Every system needs testing after development: there are always unforeseen problems that are filtered out during the test phase. Of course, a PESSRAL system will be tested, but which test strategy is the proper one? Most of the industry has no practical experience with safety software, and there are no test strategies mandatory or even mentioned in the standard. The most commonly known test method is black/white box testing. This basic way of screening a system is usable for both electric and mechanical systems. When creating PESS, the system is a full black box. However, IEC 61508 can also ask for traceability of the requirements, full modeling, software simulation and performance testing. Also, there is no test procedure or awareness for common-cause faults in the lift norm.
Proof Test Interval
Again, the lifetime of a system is not considered. Due to the fact that periodic inspection on PESS systems is almost impossible, a lifetime must be specified. Diagnostics in the system also cannot detect every possible fault; the DC is always smaller than 100%. Normally, PESS systems have a “proof test interval” to detect the normally undetected errors. EN 81 does not require this. This allows a system to build up an endless amount of errors and gives the possibility of ending up with a dangerous fault.
At this moment, only a small amount of lifts work with PESS. For the ones that work, there are no major failures yet. PESS application has been possible since the first amendment of EN 81-1/2 in 2005. We do not know how many installations are in the field today, so we cannot determine why there were no failures. There are some possible explanations that can explain the fact that we did not have any accidents:
- When making something revolutionary, a company must be absolutely sure it is safe. Otherwise, the product will not be accepted in the market by the customer. For PESSRAL, most lift companies want to be absolutely sure that it still works after several years, so endurance tests will probably be done. This is a powerful testing method.
- There are not many PESSRAL systems in the world: most lifts have a long lifetime, and controls are not regularly changed. Also, the development of PESSRAL has just started: there are not many PESSRAL systems on the market. Most of them are still in development.
- The major certification bodies also perform tests on PESS systems. They have their own demands for testing or will ask for a calculation. Certification bodies also want safe systems, and most of them know how to perform the tests properly.
- There is no guideline for reporting crashes, and we cannot be sure that we will hear about all crashes in the world, especially reports that include the cause.
The biggest problems of these possible explanations are the fact that they are not mandatory: there are no demands on test time, and there is no requirement for experience in PESS for Notified Bodies. Also, worldwide information about lift catastrophes do not exist related to this topic.
The only way to check the system now is by testing, but testing strategies are not described.

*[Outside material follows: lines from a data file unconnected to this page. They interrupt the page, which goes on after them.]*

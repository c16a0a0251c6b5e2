//! What is wrong with a declaration.

use thiserror::Error;

/// What is wrong with a line of a declaration.
#[derive(Clone, Copy, Debug, PartialEq, Eq, Error)]
pub enum DeclFaultKind {
    /// The line has a byte that no line may have, or its words fit no form at that place.
    #[error("syntax")]
    Syntax,
    /// A user, premise, kind, cell or callable of this name exists already, or a cell of the
    /// compound does, or a member of a set or a parameter is named twice.
    #[error("duplicate name")]
    DuplicateName,
    /// No user, kind or callable has this name, or no cell of the compound has it.
    #[error("unknown name")]
    UnknownName,
    /// A set has fewer than 2 members, a compound has no parameter, or a callable does not accept
    /// the cells of a call.
    #[error("wrong arguments")]
    WrongArguments,
    /// The text or the line is too long, there is one user, premise, set, cell or compound too
    /// many, a set has more members than its version allows, a compound more than 8 parameters, or
    /// it expands to more than 256 instances or 256 inner cells.
    #[error("limit")]
    Limit,
    /// A compound is not ended.
    #[error("missing end")]
    MissingEnd,
    /// Out of memory.
    #[error("memory")]
    Memory,
}

/// Where a declaration is at fault, and what is wrong there.
///
/// Lines count from 1. Line 0 means the text as a whole, or the compounds that every declaration
/// has.
#[derive(Clone, Copy, Debug, PartialEq, Eq, Error)]
#[error("declaration line {line}: {why}")]
pub struct DeclFault {
    /// The number of the line.
    pub line: u32,
    /// What is wrong.
    pub why: DeclFaultKind,
}
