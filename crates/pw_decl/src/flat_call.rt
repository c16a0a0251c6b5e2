//! What ended compounds become: calls of procedures over places. An attachment goes over these
//! alone.
ghost use Rattle.std.specs.Prelude.{◌≡◌, ◌+◌, ◌≤◌, All, map};
ghost use Rattle.pw_procs.specs.Registry.{cells_of};
ghost use Rattle.pw_decl.specs.Expansion.{at_place};

use pw_info::Kind;
use pw_procs::Arguments;
use std::alloc::{Allocator, Global};

/// A flattened compound: the calls of procedures over its places, and the kinds of its inner cells.
#[derive(Drop)]
pub(crate) struct Flattened<A: Allocator = Global> {
    pub(crate) calls: Vec<FlatCall, A>,
    pub(crate) inner: Vec<Kind, A>,
}

pub(crate) const MOST_CELLS: usize = 9;

/// A procedure over the places of a flattened compound: its parameters from 0, and after them its
/// inner cells, in the order in which they are made. The procedure writes the last place and reads
/// the others.
#[derive(Clone, Copy, Debug, PartialEq, Eq)]
pub struct FlatCall {
    /// The number of the procedure in the registry.
    pub procedure: u8,
    /// The places, one to nine.
    pub places: Arguments,
}

/// The cell at a place: one of these cells, or, past their end, an inner cell. The first inner cell
/// has the number `first`, and `first + place` is at most 4,294,967,295.
#[inline(always)]
pub fn cell_at(cells: &[u32], first: u32, place: u32) -> u32
    requires { first + place ≤ 4294967295 }
    ensures { result ≡ at_place cells.now (λ j. first + j) place }
{
    if (place as usize) < cells.len() {
        cells[place as usize]
    } else {
        first + (place - cells.len() as u32)
    }
}

/// The cells at these places: a place means one of these cells, or, past their end, an inner cell.
/// The first inner cell has the number `first`, and `first + place` is at most 4,294,967,295 for each
/// place.
pub fn place_cells(places: Arguments, cells: &[u32], first: u32) -> Arguments
    requires { All (λ place. first + place ≤ 4294967295) (cells_of places) }
    ensures { cells_of result ≡ map (at_place cells.now (λ j. first + j)) (cells_of places) }
{
    let places = places.cells();
    let mut placed = [0; MOST_CELLS];
    for number in 0..places.len() {
        placed[number] = cell_at(cells, first, places[number]);
    }
    let Some(placed) = Arguments::of(&placed[..places.len()]) else {
        unreachable!("there are as many as places");
    };
    placed
}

PESSRAL is not PESS, and this is not only due to the absence of a lot of background information. The entire mathematical backbone is gone, so we cannot calculate if the chance of failure of the system is right. This has a huge impact on the common-cause faults. These are the most dangerous faults for a double-channel system. Also, the channels themselves can be made out of unsafe components. The only way to check the system now is by testing, but testing strategies are not described. As of the time of this writing, there have been no fatal accidents yet. However, we cannot explain why they didn’t happen or predict that they won’t happen. In the end, it is possible to build unsafe systems with the rules of PESSRAL. For now, we can only hope that lifts will stay safe; for the future, we need EN 81-20 to change as quickly as possible.